_Problem description:_
Tally up the lines below that include the word "ScriptsAreBounded". Answer with the number alone.

Saved entries
● ● ●
//! What ends a run are its units: the bound by which calls and turns of loops are defined is never met before. And a run is the
//! same by each front end that says as much as it asks for. Laws alone.
#![tactic(auto)]

ghost use Rattle.cad_bounds.specs.Laws.{
  CallsAreBounded,
  DeploymentsAreBounded,
  DeploymentsExtend,
  JoinsExtendTheFirst,
  JoinsExtendTheSecond,
  ScriptsAreBounded,
  ScriptsExtend,
  TransactionsAreBounded,
  TransactionsExtend,
  UnitsNeverRise,
};

/// A call comes to the same by each bound that its units allow.
pub fn calls_end_by_their_units()
    ensures { CallsAreBounded }
{}

/// A transaction comes to the same by each bound that its units allow.
pub fn transactions_end_by_their_units()
    ensures { TransactionsAreBounded }
{}

/// A deployment comes to the same by each bound that its units allow.
pub fn deployments_end_by_their_units()
    ensures { DeploymentsAreBounded }
{}

/// A script comes to the same by each bound that its units allow.
pub fn scripts_end_by_their_units()
    ensures { ScriptsAreBounded }
{}

/// No call gains units.
pub fn units_never_rise()
    ensures { UnitsNeverRise }
{}

/// A transaction that asks for nothing of which its front end says nothing is the same by one that says more.
pub fn transactions_extend()
    ensures { TransactionsExtend }
{}

/// So is a deployment.
pub fn deployments_extend()
    ensures { DeploymentsExtend }
{}

/// So is a script.
pub fn scripts_extend()
    ensures { ScriptsExtend }
{}

/// Two front ends that are joined say what the first says.
pub fn joins_extend_the_first()
    ensures { JoinsExtendTheFirst }
{}

/// And what the second says, where they agree.
pub fn joins_extend_the_second()
    ensures { JoinsExtendTheSecond }
{}
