// The accounts of resources and contracts.
ghost use Rattle.std.specs.Prelude.{◌≡◌, option_map};
ghost use Rattle.cad_declarations.specs.Builtins as builtins;
ghost use Rattle.cad_evaluation.specs.Accounts as accounts;
ghost use Rattle.cad_evaluation.specs.Builtins as spec;
ghost use Rattle.cad_evaluation.specs.Texts.{optional_tree};
ghost use Rattle.cad_outcomes.specs.Outcomes.{Gives};
ghost use Rattle.cad_receivers.specs.Views.{at_spot, settled_of, spot_of};
ghost use Rattle.cad_rows.specs.Views.{pure_tree};
ghost use Rattle.cad_state.specs.Views.{FindsAndCarriesOut};
ghost use Rattle.cad_syntax.specs.Types.{pure_type};
ghost use Rattle.cad_value_operations.specs.Code.Members as code;
ghost use Rattle.cad_values.specs.Values as values;
ghost use Rattle.cad_values.specs.Values.{pure_value};
ghost use Rattle.cad_world.specs.State.{give};
ghost use Rattle.cad_world.specs.Trees.{wrapped};

use cad_access::composite_in;
use cad_builtins::own_account;
use cad_declarations::discard_type;
use cad_operators::{nil_tree, plain_tree};
use cad_outcomes::Stop;
use cad_receivers::{Settled, Spot, look};
use cad_rows::{Shape, Tree};
use cad_run_accounts::home;
use cad_state::RunState;
use cad_syntax::{Address, Authorization, Basic, CadType};
use cad_values::{Reference, Target, Value};
use std::alloc::Global;

/// A reference without rights to the account with an address.
fn any_account_value(address: Address) -> Value
    ensures { pure_value result ≡ code.any_account_value address }
{
    Value::Reference(Reference {
        authorization: Authorization::Unauthorized,
        target: CadType::Basic(Basic::Account),
        to: Target::Account(address),
    })
}

/// The same as a value of the run.
pub(crate) fn any_account(alloc: Global, address: Address) -> Tree
    ensures { pure_tree result ≡ accounts.any_account address }
{
    plain_tree(alloc, any_account_value(address))
}

/// The same in an optional.
fn some_account(alloc: Global, address: Address) -> Tree
    ensures { pure_tree result ≡ wrapped (accounts.any_account address) }
{
    Tree {
        optionals: 1,
        shape: Shape::Plain(any_account_value(address)),
        parts: Vec::new(alloc),
    }
}

/// The account with an address, or nil.
fn optional_account(alloc: Global, address: Option<Address>) -> Tree
    ensures { pure_tree result ≡ optional_tree (option_map accounts.any_account address) }
{
    match address {
        Some(own) => some_account(alloc, own),
        None => nil_tree(alloc),
    }
}

/// The account in which the node with a label stands, or nil.
fn owner_of(state: &RunState, label: u64) -> Result<Tree, Stop>
    ensures { FindsAndCarriesOut pure_tree (code.owner_of label) state.now state.now result }
{
    match home(state, label) {
        Ok(address) => Ok(optional_account(*state.making.allocator(), address)),
        Err(_) => Err(Stop::Memory),
    }
}

/// The account in which a spot stands. IllTyped of what has no label.
fn owner_of_spot(state: &RunState, spot: Spot<'_>) -> Result<Tree, Stop>
    ensures { FindsAndCarriesOut pure_tree (spec.read_owner (spot_of spot.entry)) state.now state.now result }
{
    match spot.label {
        Some(label) => owner_of(state, label),
        None => Err(Stop::IllTyped),
    }
}

/// The account in whose storage, or in whose contract's value, stands what a receiver is now that was settled; nil where it stands
/// elsewhere. IllTyped of an account, a part of one and a controller.
pub fn owner(state: &RunState, receiver: Settled<'_>) -> Result<Tree, Stop>
    ensures { FindsAndCarriesOut pure_tree (at_spot (settled_of receiver.entry) spec.read_owner) state.now state.now result }
{
    match look(state, receiver) {
        Ok(spot) => owner_of_spot(state, spot),
        Err(stop) => Err(stop),
    }
}

/// A reference to the account with an address.
fn account_value(authorization: Authorization, target: CadType, address: Address) -> Value
    ensures { pure_value result ≡ values.reference authorization (pure_type target) (Target.Account address) }
{
    Value::Reference(Reference {
        authorization,
        target,
        to: Target::Account(address),
    })
}

/// A reference of a type to the account with an address; nil where the type is none of references.
fn account_reference(alloc: Global, own: CadType, address: Address) -> Tree
    ensures { pure_tree result ≡ accounts.account_reference (pure_type own) address }
{
    match own {
        CadType::Reference(authorization, target) => {
            plain_tree(
                alloc,
                account_value(authorization, Box::into_inner(target), address),
            )
        }
        other => {
            discard_type(other);
            nil_tree(alloc)
        }
    }
}

/// What a contract at an address meets its account with.
fn account_at(alloc: Global, address: Address) -> Result<Tree, Stop>
    ensures { Gives pure_tree (give (accounts.account_reference builtins.own_account address)) result }
{
    match own_account(alloc) {
        Ok(own) => Ok(account_reference(alloc, own, address)),
        Err(_) => Err(Stop::Memory),
    }
}

/// The account of the contract that a spot is. IllTyped of what is none.
fn account_of_spot(alloc: Global, spot: Spot<'_>) -> Result<Tree, Stop>
    ensures { Gives pure_tree (spec.read_account (spot_of spot.entry)) result }
{
    match composite_in(spot.optionals, spot.shape) {
        Some(id) => account_at(alloc, id.address),
        None => Err(Stop::IllTyped),
    }
}

/// The account of the contract that a receiver is now that was settled, with all that a contract may do there. IllTyped of what is
/// no composite.
pub fn account(state: &RunState, receiver: Settled<'_>) -> Result<Tree, Stop>
    ensures { FindsAndCarriesOut pure_tree (at_spot (settled_of receiver.entry) spec.read_account) state.now state.now result }
{
    match look(state, receiver) {
        Ok(spot) => account_of_spot(*state.making.allocator(), spot),
        Err(stop) => Err(stop),
    }
}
● ● ●
_Exercise result:_
2